Democrats eye abortion issue as a winning ticket for 2024
After an unlikely landslide win last week in Ohio, pro-abortion activists believe they have a huge advantage with voters in the coming year, particularly in suburban swing areas, and Democrats are planning to run strongly on the issue in 2024 and beyond in hopes it can help them retake control of Congress and keep the White House.
“Abortion is going to be just as big an issue in 2024 if not bigger,” said J. Miles Coleman, a University of Virginia political analyst. “Every time it gets on the ballot, the pro-choice side wins. It’s not clear what would change that dynamic.”
Until recently, most political analysts and candidates from both parties considered the biggest impact of abortion to be in red states where Republicans have moved to ban abortion since the conservative-dominated U.S. Supreme Court overturned the landmark Roe v. Wade decision.
The abortion issue is spreading to swing states and even deep blue states like New York as pro-choice majorities push back against GOP proposals for nationwide restrictions.
“This is an issue that has turbocharged the entire electorate,” Ben Rhodes, a former adviser to President Obama said Thursday on MSNBC. “The antenna is up among American voters. They don’t like Republicans taking away abortion rights.”
Polls consistently show that about 60% or more of American voters believe abortion should be mostly legal.
The most recent boost to the pro-abortion cause came last week when voters in red-leaning Ohio turned out in record numbers and voted 57% to 43% to reject an effort by Republicans to make it more difficult to amend the state constitution by referendum.
Ohio voters are now favored to back a constitutional amendment enshrining abortion rights in the November general election – a sharp rebuke to the state’s ruling Republican lawmakers who want to implement a near-total ban.
The Ohio vote comes on the heels of similar votes in the past year in red states like Kansas and Kentucky, swing states like Michigan and blue states like California.
Democrats in Arizona and New York are trying to put similar measures on the 2024 ballot that would protect abortion rights.
The goal, according to some political experts, is to juice liberal turnout to help President Biden win reelection and to put moderate Republican lawmakers, almost all of whom hold anti-abortion views, between a rock and a general-election hard place.
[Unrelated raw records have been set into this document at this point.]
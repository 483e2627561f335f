//! Laws of what the other contracts cite, tables, cuts and escapes worked by hand, and a closure that gives heads.
ghost use Rattle.std.specs.Prelude.{◌≡◌, ◌↔◌, ℕ, IfOk, List, Result, String as Bytes, Vec as List1, [], ◌∷◌, ◌++◌, codes, length, replicate, string_bytes, true, false};
ghost use Rattle.std.specs.declared.alloc.Global.{Global as Heap};
ghost use Rattle.grid_config_values.specs.declared.fault.Fault.{Fault as TableFault};
ghost use Rattle.tabled_expanded.specs.Cutting.{Fields, Values, can_be_truncated, cut_for, cut_text};
ghost use Rattle.tabled_expanded.specs.Escapes.{escaped};
ghost use Rattle.tabled_expanded.specs.Expanded.{expanded_text, joined_lines, table_of_rows};
ghost use Rattle.tabled_expanded.specs.Heads.{GivesNumber, record_number};
ghost use Rattle.tabled_expanded.specs.Tables.{expanded};
ghost use Rattle.tabled_expanded.specs.declared.table.ExtendedTable.{ExtendedTable as OneTable};
ghost use Rattle.tabled_expanded.specs.declared.template.RecordNumber.{RecordNumber as Numbers};
ghost use Rattle.tabled_text.specs.Rows.{text_rows};

use crate::given::Given;
use crate::table::ExtendedTable;
use crate::template::{RecordNumber, Template};
use grid_config_values::Fault;
use std::alloc::Global;

/// A table that is made of rows has the first as the names of the fields, and the others as records.
pub fn rows_are_tables()
    ensures { (rows : List1 (List1 (Bytes Heap) Heap) Heap) (table : OneTable Numbers) →
        ⟦<ExtendedTable<RecordNumber> as From<Vec<Vec<String>>>>⟧.from_gives rows table →
        expanded table ≡ table_of_rows (text_rows rows.items) }
{}

/// The head of a record has its number, or is refused for memory, and can always be given. Or it is what a given
/// function returns, provided that the function may be called for each number.
pub fn heads_are_given<F: Fn(Global, usize) -> Result<String, Fault>>()
    ensures number { (template : Numbers) (number : ℕ) (answer : Result (Bytes Heap) TableFault) → ⟦<RecordNumber as Template>⟧.gives template number answer ↔ GivesNumber number answer }
    ensures always { (template : Numbers) → ⟦<RecordNumber as Template>⟧.can_give template }
    ensures function { (function : F) (number : ℕ) (answer : Result (Bytes Heap) TableFault) →
        ⟦<Given<F> as Template>⟧.gives function number answer ↔ ((alloc : Heap) × F.post function alloc number answer) }
    ensures callable { (function : F) → F.IsAlwaysCallable function → ⟦<Given<F> as Template>⟧.can_give function }
{}

/// Clones of what gives the heads by number are the same, and never refused. One of a given function is a clone
/// of it, and never refused where that never is.
pub fn clones_are_the_same<F: Clone>()
    ensures numbers { (source clone : Numbers) → ⟦<RecordNumber as Clone>⟧.is_clone source clone → clone ≡ source }
    ensures numbers_come { (source : Numbers) → ⟦<RecordNumber as Clone>⟧.is_infallible source }
    ensures function { (source clone : F) → ⟦<Given<F> as Clone>⟧.is_clone source clone → F.is_clone source clone }
    ensures function_comes { (source : F) → F.is_infallible source → ⟦<Given<F> as Clone>⟧.is_infallible source }
{}

/// A closure that may be called for each number is a template, and its table is printed: neither call wants a proof.
pub fn closures_give_heads(alloc: Global, table: ExtendedTable) -> Result<String, Fault>
    ensures { IfOk result (λ text. (heads : List (List ℕ)) × (length heads ≡ length (expanded table).records) × (string_bytes text ≡ expanded_text (expanded table) heads)) }
{
    let days = table.template(|alloc: Global, day: usize| -> Result<String, Fault> {
        Ok(format!(in alloc; "day {day}")?)
    });
    days.to_string(alloc)
}

/// Heads are as wide as the widest line, each byte of them counted. They have a `+` where they leave the place of the
/// bar. A record may have fewer values than there are fields, or more.
pub fn tables_by_hand()
    ensures numbered { expanded_text (table_of_rows ((codes "name" ∷ codes "x" ∷ []) ∷ (codes "C" ∷ codes "1" ∷ []) ∷ [])) (record_number 0 ∷ [])
        ≡ joined_lines (codes "-[ RECORD 0 ]-" ∷ codes "name | C" ∷ codes "x    | 1" ∷ []) }
    ensures given { expanded_text (table_of_rows ((codes "name" ∷ []) ∷ (codes "C" ∷ []) ∷ [])) (codes "r0" ∷ [])
        ≡ joined_lines (codes "-r0--+--" ∷ codes "name | C" ∷ []) }
    ensures bytes { expanded_text (table_of_rows ((codes "name" ∷ []) ∷ (codes "C" ∷ []) ∷ [])) ((0xc3 ∷ 0xa9 ∷ []) ∷ [])
        ≡ joined_lines ((0x2d ∷ 0xc3 ∷ 0xa9 ∷ codes "--+--") ∷ codes "name | C" ∷ []) }
    ensures many_bytes { expanded_text (table_of_rows ((codes "name" ∷ []) ∷ (codes "C" ∷ []) ∷ [])) ((0xe6 ∷ 0xbc ∷ 0xa2 ∷ 0xe6 ∷ 0xbc ∷ 0xa2 ∷ []) ∷ [])
        ≡ joined_lines ((0x2d ∷ 0xe6 ∷ 0xbc ∷ 0xa2 ∷ 0xe6 ∷ 0xbc ∷ 0xa2 ∷ 0x2d ∷ []) ∷ codes "name | C" ∷ []) }
    ensures wide { expanded_text (table_of_rows ((codes "abcdefghijklm" ∷ []) ∷ (codes "abcdefghijklmn" ∷ []) ∷ [])) (record_number 0 ∷ [])
        ≡ joined_lines (codes "-[ RECORD 0 ]-+---------------" ∷ codes "abcdefghijklm | abcdefghijklmn" ∷ []) }
    ensures taken { expanded_text (table_of_rows ((codes "abcdefghijkl" ∷ []) ∷ (codes "abcdefghijklmn" ∷ []) ∷ [])) (record_number 0 ∷ [])
        ≡ joined_lines (codes "-[ RECORD 0 ]----------------" ∷ codes "abcdefghijkl | abcdefghijklmn" ∷ []) }
    ensures fewer { expanded_text (table_of_rows ((codes "a" ∷ codes "b" ∷ []) ∷ (codes "1" ∷ []) ∷ [])) (record_number 0 ∷ [])
        ≡ joined_lines (codes "-[ RECORD 0 ]-" ∷ codes "a | 1" ∷ []) }
    ensures more { expanded_text (table_of_rows ((codes "a" ∷ []) ∷ (codes "1" ∷ codes "2" ∷ []) ∷ [] ∷ [])) (record_number 0 ∷ record_number 1 ∷ [])
        ≡ joined_lines (codes "-[ RECORD 0 ]-" ∷ codes "a | 1" ∷ codes "-[ RECORD 1 ]-" ∷ []) }
    ensures styled { expanded_text (table_of_rows (((0x1b ∷ codes "[1mb") ∷ codes "abcdefg" ∷ []) ∷ (codes "1" ∷ codes "2" ∷ []) ∷ [])) (record_number 0 ∷ [])
        ≡ joined_lines (codes "-[ RECORD 0 ]-" ∷ (0x1b ∷ codes "[1mb   | 1") ∷ codes "abcdefg | 2" ∷ []) }
    ensures nothing { expanded_text (table_of_rows ((codes "a" ∷ []) ∷ [])) [] ≡ [] }
{}

/// Values are cut where the fields leave them columns. Else the fields are cut, and the values to nothing: what is
/// left is the suffix where there was a text.
pub fn cuts_by_hand()
    ensures values { cut_for 14 [] (table_of_rows ((codes "name" ∷ []) ∷ (codes "abcdefghij" ∷ []) ∷ [])) ≡ Values 7 }
    ensures with_suffix { cut_for 14 (codes "..") (table_of_rows ((codes "name" ∷ []) ∷ (codes "abcdefghij" ∷ []) ∷ [])) ≡ Values 3 }
    ensures fields { cut_for 15 (codes "..") (table_of_rows ((codes "abcdefghijkl" ∷ []) ∷ (codes "x" ∷ []) ∷ [])) ≡ Fields 8 }
    ensures lost { cut_text 0 (codes "..") (codes "x") ≡ codes ".." }
    ensures not_lost { cut_text 0 (codes "..") [] ≡ [] }
    ensures has_room { can_be_truncated 14 [] (table_of_rows ((codes "name" ∷ []) ∷ (codes "abcdefghij" ∷ []) ∷ [])) ≡ true }
    ensures has_none { can_be_truncated 13 [] (table_of_rows ((codes "name" ∷ codes "x" ∷ []) ∷ (codes "C" ∷ codes "1" ∷ []) ∷ [])) ≡ false }
    ensures suffix_fits { can_be_truncated 14 (codes ".....") (table_of_rows ((codes "abcdefghijkl" ∷ []) ∷ (codes "x" ∷ []) ∷ [])) ≡ true }
    ensures values_have_none { can_be_truncated 14 (codes "..") (table_of_rows ((codes "abcdefgh" ∷ []) ∷ (codes "x" ∷ []) ∷ [])) ≡ false }
    ensures ten_records { can_be_truncated 14 [] (table_of_rows ((codes "n" ∷ []) ∷ replicate 10 (codes "x" ∷ []))) ≡ false }
    ensures suffix_does_not { can_be_truncated 14 (codes "......") (table_of_rows ((codes "abcdefghijkl" ∷ []) ∷ (codes "x" ∷ []) ∷ [])) ≡ false }
{}

/// Each kind of escape, and what stays.
pub fn escapes_by_hand()
    ensures own { escaped (0x00 ∷ 0x09 ∷ 0x0d ∷ 0x0a ∷ 0x27 ∷ 0x22 ∷ 0x5c ∷ []) ≡ codes "\\0\\t\\r\\n\\'\\\"\\\\" }
    ensures sequence { escaped (0x1b ∷ codes "[31mx") ≡ codes "\\u{1b}[31mx" }
    ensures controls { escaped (0x01 ∷ 0x0f ∷ 0x1f ∷ 0x20 ∷ 0x7e ∷ 0x7f ∷ []) ≡ codes "\\u{1}\\u{f}\\u{1f} ~\\u{7f}" }
    ensures past_ascii { escaped (0xc2 ∷ 0x80 ∷ 0xc2 ∷ 0x9f ∷ 0xc2 ∷ 0xa0 ∷ 0xe6 ∷ 0xbc ∷ 0xa2 ∷ []) ≡ codes "\\u{80}\\u{9f}" ++ (0xc2 ∷ 0xa0 ∷ 0xe6 ∷ 0xbc ∷ 0xa2 ∷ []) }
{}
“This is going to be a motivating and mobilizing effort for Democrats for the next couple of decades,” said Basil Smikle, a Democratic strategist and Hunter College public policy professor. “If you’re talking about 2024, the goal is to make it a vote on reproductive rights and also democracy itself.”
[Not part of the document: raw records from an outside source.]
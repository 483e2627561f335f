//! Records in expanded form: a head for each record, and each of its fields on a line of its own.
#![tactic(auto)]

mod escaping;
mod given;
pub mod laws;
mod lines;
mod printing;
mod table;
mod template;
mod truncating;

pub use given::Given;
pub use table::ExtendedTable;
pub use template::{RecordNumber, Template};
Exhibit A is Rep. Pat Ryan, a moderate Democrat who represents a Hudson Valley swing district. Ryan won an upset victory special election last summer in the aftermath of the Supreme Court’s anti-abortion decision.
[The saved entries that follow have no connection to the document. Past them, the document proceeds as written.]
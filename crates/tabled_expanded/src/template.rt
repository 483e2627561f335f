//! What is in the heads of records.
ghost use Rattle.std.specs.Prelude.{ℕ, Result, String};
ghost use Rattle.std.specs.declared.alloc.Global.{Global as Heap};
ghost use Rattle.grid_config_values.specs.declared.fault.Fault.{Fault as TableFault};
ghost use Rattle.tabled_expanded.specs.Heads.{GivesNumber};

use grid_config_values::Fault;
use std::alloc::{AllocError, Global};

/// What is in the heads of records.
pub trait Template {
    // A head may be requested for each record.
    ghost can_give: { Self → Type 0 } = { λ _. Unit {0} };

    // What it may return for the number of a record.
    ghost gives: { Self → ℕ → Result (String Heap) TableFault → Type 0 };

    /// The text in the head of a record, whose number counts from 0, provided that it may be requested. What
    /// prints the records passes an error on.
    fn head(&self, alloc: Global, number: usize) -> Result<String, Fault>
        requires { can_give self.now }
        ensures { gives self.now number result };
}

/// The number of the record: `[ RECORD 0 ]`, and so on. It is refused only where allocation fails.
#[derive(Clone, Copy)]
pub struct RecordNumber;

impl Template for RecordNumber {
    ghost gives = { λ _ number answer. GivesNumber number answer };

    fn head(&self, alloc: Global, number: usize) -> Result<String, Fault> {
        Ok(numbered(alloc, number)?)
    }
}

ghost use Rattle.std.specs.Prelude.{◌≡◌, IfOk, string_bytes};
ghost use Rattle.tabled_expanded.specs.Heads.{record_number};

// The number of a record in brackets.
fn numbered(alloc: Global, number: usize) -> Result<String, AllocError>
    ensures { IfOk result (λ text. string_bytes text ≡ record_number number) }
{
    format!(in alloc; "[ RECORD {number} ]")
}
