//! Tables in expanded form.
ghost use Rattle.std.specs.Iterator.{Drains, IsFinite};
ghost use Rattle.std.specs.Prelude.{◌≡◌, IfErr, IfOk, List, map, string_bytes};
ghost use Rattle.grid_config_values.specs.declared.fault.Fault.TheVariants.{Memory};
ghost use Rattle.tabled_expanded.specs.Escapes.{escaped};
ghost use Rattle.tabled_expanded.specs.Expanded.{escaped_table, table_of_rows};
ghost use Rattle.tabled_expanded.specs.Tables.{expanded, template_of};
ghost use Rattle.tabled_text.specs.Rows.{text_rows};

use crate::escaping::escaped_texts;
use crate::given::Given;
use crate::template::RecordNumber;
use grid_config_values::Fault;
use std::alloc::{AllocError, Global};
use tabled_text::Tabled;

/// Records in expanded form: the names of the fields, the values of each record, and what gives the heads.
#[derive(Drop)]
pub struct ExtendedTable<F = RecordNumber> {
    pub(crate) fields: Vec<String>,
    pub(crate) records: Vec<Vec<String>>,
    pub(crate) template: F,
}

impl ExtendedTable<RecordNumber> {
    /// A record for each value, of its fields under their names, provided that the values end. Controls,
    /// quotes and backslashes are escaped. Fails only where allocation fails.
    pub fn new<T: Tabled + Drop, I: IntoIterator<Item = T> + Drop>(
        alloc: Global,
        items: I,
    ) -> Result<ExtendedTable<RecordNumber>, Fault>
    where
        I::IntoIter: Drop,
        requires { (s : I.IntoIter) → I.into_iter_gives items s → I.IntoIter.can_next s × IsFinite (I.IntoIter.remaining s) }
        ensures table { IfOk result (λ table. (s : I.IntoIter) × (taken : List T) × I.into_iter_gives items s
            × Drains I.IntoIter.next_gives s taken × (expanded table ≡ escaped_table T.names (map T.texts taken))) }
        ensures refused { IfErr result (λ fault. fault ≡ Memory) }
    {
        let fields = escaped_texts(alloc, T::headers(alloc)?)?;
        let records = records_of::<T, I>(alloc, items)?;
        Ok(ExtendedTable {
            fields,
            records,
            template: RecordNumber,
        })
    }
}

// The fields of each value, escaped.
fn records_of<T: Tabled + Drop, I: IntoIterator<Item = T> + Drop>(
    alloc: Global,
    items: I,
) -> Result<Vec<Vec<String>>, AllocError>
where
    I::IntoIter: Drop,
    requires { (s : I.IntoIter) → I.into_iter_gives items s → I.IntoIter.can_next s × IsFinite (I.IntoIter.remaining s) }
    ensures { IfOk result (λ out. (s : I.IntoIter) × (taken : List T) × I.into_iter_gives items s × Drains I.IntoIter.next_gives s taken
        × (text_rows out.items ≡ map (map escaped) (map T.texts taken))) }
{
    let mut records = Vec::new(alloc);
    for item in items {
        records.push(values_of(alloc, &item)?)?;
    }
    Ok(records)
}

// The fields of a value, escaped.
fn values_of<T: Tabled>(alloc: Global, item: &T) -> Result<Vec<String>, AllocError>
    ensures { IfOk result (λ out. map string_bytes out.items ≡ map escaped (T.texts item.now)) }
{
    escaped_texts(alloc, item.fields(alloc)?)
}

/// The first row names the fields, and each other is a record of its values. Nothing is escaped, and nothing is
/// allocated.
impl From<Vec<Vec<String>>> for ExtendedTable<RecordNumber> {
    ghost from_gives = { λ rows table. expanded table ≡ table_of_rows (text_rows rows.items) };

    fn from(rows: Vec<Vec<String>>) -> ExtendedTable<RecordNumber> {
        let mut records = rows;
        let fields = take_first(&mut records);
        ExtendedTable {
            fields,
            records,
            template: RecordNumber,
        }
    }
}

// Takes the first row out, where there is one, and else gives a row without texts.
fn take_first(rows: &mut Vec<Vec<String>>) -> Vec<String>
    ensures { table_of_rows (text_rows rows.old.items) ≡ record { fields = map string_bytes result.items; records = text_rows rows.new.items } }
{
    if rows.is_empty() {
        Vec::new(*rows.allocator())
    } else {
        rows.remove(0)
    }
}

impl<F> ExtendedTable<F> {
    /// The same records, whose heads this function gives, provided that it may be called for each. It takes
    /// the number of the record, which counts from 0. Does not allocate.
    pub fn template<G: Fn(Global, usize) -> Result<String, Fault>>(
        self,
        f: G,
    ) -> ExtendedTable<Given<G>>
    where
        F: Drop,
        requires { G.IsAlwaysCallable f }
        ensures texts { expanded result ≡ expanded self }
        ensures template { template_of result ≡ f }
        ensures callable { G.IsAlwaysCallable (template_of result) }
    {
        ExtendedTable {
            fields: self.fields,
            records: self.records,
            template: Given::new(f),
        }
    }
}

impl<F: Clone> ExtendedTable<F> {
    /// The same table again, in memory of its own, with a clone of what gives the heads. Fails only where
    /// allocation fails, or where that clone does.
    pub fn clone(&self, alloc: Global) -> Result<ExtendedTable<F>, AllocError>
        ensures texts { IfOk result (λ copy. expanded copy ≡ expanded self.now) }
        ensures template { IfOk result (λ copy. F.is_clone (template_of self.now) (template_of copy)) }
    {
        let template = self.template.clone()?;
        Ok(ExtendedTable {
            fields: copied_texts(alloc, &self.fields)?,
            records: copied_rows(alloc, &self.records)?,
            template,
        })
    }
}

// These texts again.
fn copied_texts(alloc: Global, texts: &Vec<String>) -> Result<Vec<String>, AllocError>
    ensures { IfOk result (λ out. map string_bytes out.items ≡ map string_bytes texts.now.items) }
{
    let mut out = Vec::with_capacity(alloc, texts.len())?;
    for text in texts {
        out.push(text.as_str().to_string(alloc)?)?;
    }
    Ok(out)
}

// These rows again.
fn copied_rows(alloc: Global, rows: &Vec<Vec<String>>) -> Result<Vec<Vec<String>>, AllocError>
    ensures { IfOk result (λ out. text_rows out.items ≡ text_rows rows.now.items) }
{
    let mut out = Vec::with_capacity(alloc, rows.len())?;
    for row in rows {
        out.push(copied_texts(alloc, row)?)?;
    }
    Ok(out)
}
Now Ryan’s gearing up to use the same tactics to win reelection in a neighboring district next year, trashing “extremist Republican” plans to “rip away a woman’s right to choose.”
Nonpartisan analysts say that’s a no-brainer in deep blue New York.
In last year’s midterms, Republicans got New York voters to focus on GOP-friendly issues like crime and inflation, steering clear of abortion. They flipped four House seats.
Democrats want voters to think about Republican presidential candidates’ support for a nationwide ban on abortion and potential threats to medication abortion or even to contraception.
“If I were advising Democrats, I’d tell them to go talk to Pat Ryan,” Coleman said.
On Long Island, former Hempstead Town Supervisor Laura Gillen lost to Rep. Anthony D’Esposito, a Republican, in a South Shore district that voted for Biden by more than 10%. She says she’s determined to make abortion a difference maker in a possible 2024 rematch.
Republicans, meanwhile, know they are on the defensive on the issue, especially in suburban swing districts that overwhelmingly support abortion rights.
Rep. Mike Lawler, a Republican who won a Westchester-based district in an upset last year, says he opposes a national abortion ban like the one congressional Republicans have proposed even though he concedes the stance goes against his own anti-abortion views.
The freshman Republican is not happy about the idea of having New Yorkers vote on abortion rights at the same time they are deciding whether to send him back to Washington for a second term.
“Democrats [are] desperate to distract voters from Albany’s epic failures on taxes, crime and corruption,” said Chris Russell, a Lawler reelection campaign spokesman.